**DIRECTIONS:**
Among the entries below, find each line holding "impl" and return it.

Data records
// The point that a book bills.
ghost use Rattle.std.specs.Prelude.{◌≡◌, ◌≢◌, length, MatchResult};

use tariff::Capacities;
use thiserror::Error;

/// How many bytes a point's code has.
pub const CODE_BYTES: usize = 8;

/// The code of a point, as its operator names it: eight bytes.
#[derive(Clone, Copy, PartialEq, Eq, Debug)]
pub struct PointCode {
    bytes: [u8; CODE_BYTES],
}

impl PointCode {
    ghost use Rattle.book.specs.PointCodes.{code_bytes};
    ghost use Rattle.book.specs.declared.point.TheConstants.{CODE_BYTES};

    /// Its bytes, in their order.
    pub fn bytes(self) -> [u8; CODE_BYTES]
        ensures bytes { result ≡ code_bytes self }
        ensures width { CODE_BYTES ≡ 8 }
    {
        self.bytes
    }
}

impl From<[u8; CODE_BYTES]> for PointCode {
    ghost use Rattle.book.specs.PointCodes.{code_bytes};

    ghost from_gives = { λ bytes code. code_bytes code ≡ bytes };

    fn from(bytes: [u8; CODE_BYTES]) -> PointCode {
        PointCode { bytes }
    }
}

/// A text that has not eight bytes.
#[derive(Clone, Copy, PartialEq, Eq, Debug, Error)]
#[error("a point's code has 8 bytes")]
pub struct NotPointCode;

impl TryFrom<&str> for PointCode {
    type Error = NotPointCode;

    ghost use Rattle.book.specs.PointCodes.{code_bytes};
    ghost use Rattle.book.specs.declared.point.TheConstants.{CODE_BYTES};

    ghost try_from_gives = { λ text result. MatchResult result (λ code. code_bytes code ≡ text.now)
        (λ _. length text.now ≢ CODE_BYTES) };

    fn try_from(text: &str) -> Result<PointCode, NotPointCode> {
        <[u8; CODE_BYTES]>::try_from(text.as_bytes())
            .map(PointCode::from)
            .map_err(|_| NotPointCode)
    }
}

// The point that is billed: its code, and what is contracted at it.
#[derive(Clone, Copy)]
pub(crate) struct Point {
    pub(crate) code: PointCode,
    pub(crate) capacities: Capacities,
}

impl Point {
    ghost use Rattle.std.specs.Str.{bytes_eq};
    ghost use Rattle.book.specs.PointCodes.{code_bytes};

    pub(crate) fn has_code(&self, code: PointCode) -> bool
        ensures { result ≡ bytes_eq (code_bytes code) (code_bytes self.now.code) }
    {
        code.bytes == self.code.bytes
    }
}
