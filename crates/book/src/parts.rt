// The parts of a book that write, each over what the book is lent, for the rest of a call. They are
// macros and no functions, so that each slice is lent by itself in the body of the call, where it is
// known afterwards what stands behind it.

// The store of a book's months, under a name.
macro_rules! lend_store {
    ($book:ident, $store:ident) => {
        let quarters = &mut *$book.quarters;
        let hours = &mut *$book.hours;
        let months = &mut $book.months;
        let mut $store = Store {
            quarters,
            hours,
            months,
        };
    };
}

// The ledger of its entries, under a name.
macro_rules! lend_ledger {
    ($book:ident, $ledger:ident) => {
        let memory = &mut *$book.entries;
        let written = &mut $book.written;
        let mut $ledger = Ledger { memory, written };
    };
}

pub(crate) use lend_ledger;
pub(crate) use lend_store;
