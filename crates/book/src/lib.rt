//! The book of one point: months in their order, a ledger, and the calls of an analyst, each also as
//! a value. One table says what refuses a call.

#![tactic(auto)]

mod billing;
mod book;
mod calls;
mod memory;
mod opening;
mod parts;
mod point;
mod posts;
mod reports;
mod request;

pub use book::Book;
pub use calls::perform;
pub use memory::BookMemory;
pub use point::{CODE_BYTES, NotPointCode, PointCode};
pub use reports::MonthOnFile;
pub use request::{Answer, Request};
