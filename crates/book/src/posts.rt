// What is posted to a month. The last post for a place stands.
ghost use Rattle.std.specs.Prelude.{◌≡◌};
ghost use Rattle.tariff.specs.Pricing.{Meaning};
ghost use Rattle.book.specs.Posts.{post_refusal};

use crate::book::Book;
use crate::parts::lend_store;
use crate::point::PointCode;
use store::{Post, PostError, Reading, Store};
use tariff::Refusal;

// The refusal of a post that the store does not take.
fn post_refusal(month: u32, place: u32, error: PostError) -> Refusal
    ensures { result ≡ post_refusal month place error }
{
    match error {
        PostError::NoSuchPlace => Refusal::NoSuchPlace {
            month,
            place: place.into(),
        },
        PostError::OutsideLimit { place } => Refusal::OutsideLimit {
            month,
            place: place as u64,
        },
    }
}

impl Book<'_, '_, '_> {
    ghost use Rattle.book.specs.Books.{Performs};
    ghost use Rattle.book.specs.Calls.{posts, posts_day};
    ghost use Rattle.book.specs.PointCodes.{code_bytes};

    /// Posts to a quarter or an hour of a month, from 0. Refused where the month is final, where it
    /// has no such quarter or hour, and where what is posted is outside its limit.
    pub fn post(&mut self, month: u32, place: u32, post: Post) -> Result<(), Refusal>
        ensures { (meaning : Meaning)
            → Performs meaning (posts month place post) self.old result self.new }
    {
        let named = self.changeable_month(month)?;
        lend_store!(self, store);
        store
            .post(named.index, place as usize, post)
            .map_err(|error| post_refusal(month, place, error))
    }

    /// Posts the 96 readings of a day, from 0, with the code of the point that they are for; all or
    /// none of them. Refused where the month is final, where it has no such day, where the code is
    /// not that of the book's point, and where a reading is outside its limits.
    pub fn post_day(
        &mut self,
        month: u32,
        day: u32,
        code: PointCode,
        readings: &[Reading],
    ) -> Result<(), Refusal>
        ensures { (meaning : Meaning)
            → Performs meaning (posts_day month day (code_bytes code) readings.now)
            self.old result self.new }
    {
        let named = self.changeable_month(month)?;
        // a day that is not there is refused before the code is: by the store
        if day < u32::from(named.days) && !named.point.has_code(code) {
            return Err(Refusal::OtherPoint { month });
        }
        lend_store!(self, store);
        store
            .post_day(named.index, day as usize, readings)
            .map_err(|error| post_refusal(month, day, error))
    }
}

**RESPONSE FOR THIS EXERCISE:**
impl PointCode {
impl From<[u8; CODE_BYTES]> for PointCode {
impl TryFrom<&str> for PointCode {
impl Point {
impl Book<'_, '_, '_> {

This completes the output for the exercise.